[Record excerpts]:

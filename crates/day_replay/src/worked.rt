// Calls worked by hand.
ghost use Rattle.day_replay.specs.Worked.{WorkedCallers, WorkedLines, WorkedOrders};
ghost use Rattle.day_replay.specs.WorkedVerdicts.{WorkedVerdicts};

use batch_core::a_legal_history_has_the_books_replies;

/// The lines of these calls, who made them, which of two histories is the nearest to a text, and which verdicts small
/// texts have where just two texts are lawful. The call does nothing.
pub fn worked_calls()
    ensures lines { WorkedLines }
    ensures callers { WorkedCallers }
    ensures orders { WorkedOrders }
    ensures verdicts { WorkedVerdicts }
{
    a_legal_history_has_the_books_replies();
}
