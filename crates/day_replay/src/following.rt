// A text that is followed, call by call.
ghost use Rattle.std.specs.Prelude.{◌≡◌, ◌+◌, ◌≤◌, [], ◌++◌, List, ℕ, All, IfOk, OnOk, length};
ghost use Rattle.batch_core.specs.declared.limits.TheConstants.{MOST_TEAMS};
ghost use Rattle.plain_ballots.specs.declared.limits.TheConstants.{MOST_CANDIDATES};
ghost use Rattle.batch_core.specs.declared.entry.Entry.{Entry};
ghost use Rattle.day_reader.specs.declared.script.Script.{Script};
ghost use Rattle.day_reader.specs.Said.{AreScripts, IsAnswerable};
ghost use Rattle.day_lines.specs.DayHistory.{IsHistoryOf};
ghost use Rattle.day_replay.specs.Calls.{AreAnswerable, HasCalled, IsUnderWay, calls_left, left_of};
ghost use Rattle.day_replay.specs.Nearest.{IsNearest, HasFollowed};

use crate::NoMemory;
use crate::left::Left;
use crate::lines::{next_line, team_said};
use crate::replay::Replay;
use batch_core::{Call, a_book_answers_a_history, a_legal_history_has_the_books_replies};
use call_register::History;
use day_reader::Scripts;
use std::alloc::Global;

/// The history of these scripts whose calls are those of a text's lines for as long as they are those of
/// any history of the scripts. After them each team makes the calls that it has left, one team after the
/// other, and last the clerk freezes. What a line says of a reply isn't read.
pub fn follow(
    alloc: Global,
    candidates: u32,
    scripts: Scripts,
    text: &[u8],
) -> Result<History, NoMemory>
    requires candidates { (1 ≤ candidates) × (candidates ≤ MOST_CANDIDATES) }
    requires scripts { AreScripts candidates scripts }
    ensures history { IfOk result (IsHistoryOf scripts) }
    ensures answerable { IfOk result (All (λ e. IsAnswerable candidates e.call)) }
    ensures nearest { IfOk result (IsNearest scripts text.now) }
{
    a_book_answers_a_history();
    a_legal_history_has_the_books_replies();
    let mut left = Left::of(alloc, scripts)?;
    let mut replay = Replay::new(alloc, candidates);
    follow_lines(alloc, &mut replay, &mut left, text)?;
    make_the_rest(alloc, &mut replay, &mut left)?;
    replay.answer(alloc, 0, Call::Freeze)?;
    Ok(replay.finish())
}

/// Makes the calls that the lines of a text say one after another, up to the first line that names no team
/// with calls left.
fn follow_lines(
    alloc: Global,
    replay: &mut Replay,
    left: &mut Left,
    text: &[u8],
) -> Result<(), NoMemory>
    requires begins { replay.old.history ≡ [] }
    requires teams { length left.old.teams.items ≡ MOST_TEAMS }
    requires answerable { AreAnswerable replay.old.candidates left.old.teams.items }
    ensures candidates { OnOk result (replay.new.candidates ≡ replay.old.candidates) }
    ensures teams { OnOk result (length left.new.teams.items ≡ MOST_TEAMS) }
    ensures answerable { OnOk result (AreAnswerable replay.new.candidates left.new.teams.items) }
    ensures way { OnOk result ((scripts : List Script) → IsUnderWay scripts left.old.teams.items replay.old.history
        → IsUnderWay scripts left.new.teams.items replay.new.history) }
    ensures followed { OnOk result (HasFollowed text.now left.new.teams.items replay.new.history) }
{
    let (mut line, mut rest) = next_line(text);
    'lines: while let Some(team) = team_said(line, replay.calls() + 1, left) {
        make(alloc, replay, left, team)?;
        let (next, behind) = next_line(rest);
        line = next;
        rest = behind;
    }
    Ok(())
}

/// Makes all calls that are left, one team after the other.
fn make_the_rest(alloc: Global, replay: &mut Replay, left: &mut Left) -> Result<(), NoMemory>
    requires teams { length left.old.teams.items ≡ MOST_TEAMS }
    requires answerable { AreAnswerable replay.old.candidates left.old.teams.items }
    ensures candidates { OnOk result (replay.new.candidates ≡ replay.old.candidates) }
    ensures way { OnOk result ((scripts : List Script) → IsUnderWay scripts left.old.teams.items replay.old.history
        → IsUnderWay scripts left.new.teams.items replay.new.history) }
    ensures none { OnOk result ((team : ℕ) → 1 ≤ team → left_of left.new.teams.items team ≡ []) }
    ensures more { OnOk result ((more : List Entry) × (replay.new.history ≡ replay.old.history ++ more)) }
{
    'calls: while let Some(team) = left.first() {
        make(alloc, replay, left, team)?;
    }
    Ok(())
}

/// Makes the next call of a team that has calls left.
fn make(alloc: Global, replay: &mut Replay, left: &mut Left, team: u32) -> Result<(), NoMemory>
    requires teams { length left.old.teams.items ≡ MOST_TEAMS }
    requires team { (1 ≤ team) × (team ≤ MOST_TEAMS) }
    requires some { 1 ≤ length (left_of left.old.teams.items team) }
    requires answerable { AreAnswerable replay.old.candidates left.old.teams.items }
    ensures candidates { OnOk result (replay.new.candidates ≡ replay.old.candidates) }
    ensures teams { OnOk result (length left.new.teams.items ≡ MOST_TEAMS) }
    ensures answerable { OnOk result (AreAnswerable replay.new.candidates left.new.teams.items) }
    ensures way { OnOk result ((scripts : List Script) → IsUnderWay scripts left.old.teams.items replay.old.history
        → IsUnderWay scripts left.new.teams.items replay.new.history) }
    ensures one { OnOk result (HasCalled team replay.old.history replay.new.history) }
    ensures fewer { OnOk result (calls_left left.new.teams.items + 1 ≡ calls_left left.old.teams.items) }
{
    a_book_answers_a_history();
    let call = left.take(team);
    replay.answer(alloc, team, call)
}
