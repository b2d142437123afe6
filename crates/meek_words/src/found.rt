//! The values as clap finds them, once it is known that clap takes the words.
ghost use Rattle.std.specs.Prelude.{◌≡◌, IfErr, IfOk, List, false, map, string_bytes};
ghost use Rattle.clap.specs.Walk.{rule_of};
ghost use Rattle.clap.specs.Simple.{app_of, with_rule};
ghost use Rattle.meek_words.specs.Parts.{AreParts, AreSpelled, Part, given_of};
ghost use Rattle.meek_words.specs.Values.{given_by};
ghost use Rattle.meek_words.specs.ClapCommand.{option_rule, plain_rule, bare, command_line, three_options};

use crate::WordsStop;
use crate::values::Values;
use clap::error::ErrorKind;
use clap::{Arg, ArgAction, Command};
use std::alloc::{AllocError, Global};

fn option<'a>(alloc: Global, name: &'a str) -> Arg<'a>
    ensures rule { rule_of result ≡ option_rule name.entry.now }
    ensures local { result.global ≡ false }
{
    Arg::new(alloc, name).long(name).action(ArgAction::Set)
}

fn plain_word<'a>(alloc: Global) -> Arg<'a>
    ensures rule { rule_of result ≡ plain_rule }
    ensures local { result.global ≡ false }
{
    Arg::new(alloc, "plain").action(ArgAction::Set)
}

/// No options, and neither help nor version.
fn nothing<'a>(alloc: Global) -> Command<'a>
    ensures { app_of result ≡ bare }
{
    Command::new(alloc, "meek")
        .no_binary_name(true)
        .disable_help_flag(true)
        .disable_version_flag(true)
}

fn with_option<'a>(
    alloc: Global,
    command: Command<'a>,
    name: &'a str,
) -> Result<Command<'a>, AllocError>
    ensures { IfOk result (λ added. app_of added ≡ with_rule (app_of command.entry) (option_rule name.entry.now)) }
{
    command.arg(option(alloc, name))
}

/// The three options.
fn options<'a>(alloc: Global) -> Result<Command<'a>, AllocError>
    ensures { IfOk result (λ command. app_of command ≡ three_options) }
{
    let command = with_option(alloc, nothing(alloc), "lots")?;
    let command = with_option(alloc, command, "shards")?;
    with_option(alloc, command, "workers")
}

/// The three options, and one plain word.
fn command<'a>(alloc: Global) -> Result<Command<'a>, AllocError>
    ensures { IfOk result (λ command. app_of command ≡ command_line) }
{
    let command = options(alloc)?;
    command.arg(plain_word(alloc))
}

/// The values of words that are options and plain words, as clap finds them.
///
/// clap takes all such words, so that only memory can be wanting.
pub(crate) fn values<'a>(alloc: Global, words: &'a [String]) -> Result<Values<'a>, WordsStop>
    requires { AreSpelled (map string_bytes words.now) }
    ensures found { IfOk result (λ values. (parts : List Part)
        → AreParts (map string_bytes words.entry.now) parts → given_by values ≡ given_of parts) }
    ensures memory { IfErr result (λ stop. stop ≡ WordsStop.NoMemory) }
{
    match command(alloc)?.try_get_matches_from(words) {
        Ok(matches) => Ok(Values {
            lots: matches.get_str("lots"),
            shards: matches.get_str("shards"),
            workers: matches.get_str("workers"),
            plain: matches.get_str("plain"),
        }),
        Err(error) => match error.kind() {
            ErrorKind::OutOfMemory => Err(WordsStop::NoMemory),
            _ => unreachable!(),
        },
    }
}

[Task directions]: From the material above, give the number of lines that contain the string "after", without any added remark.

[Exercise result]: 3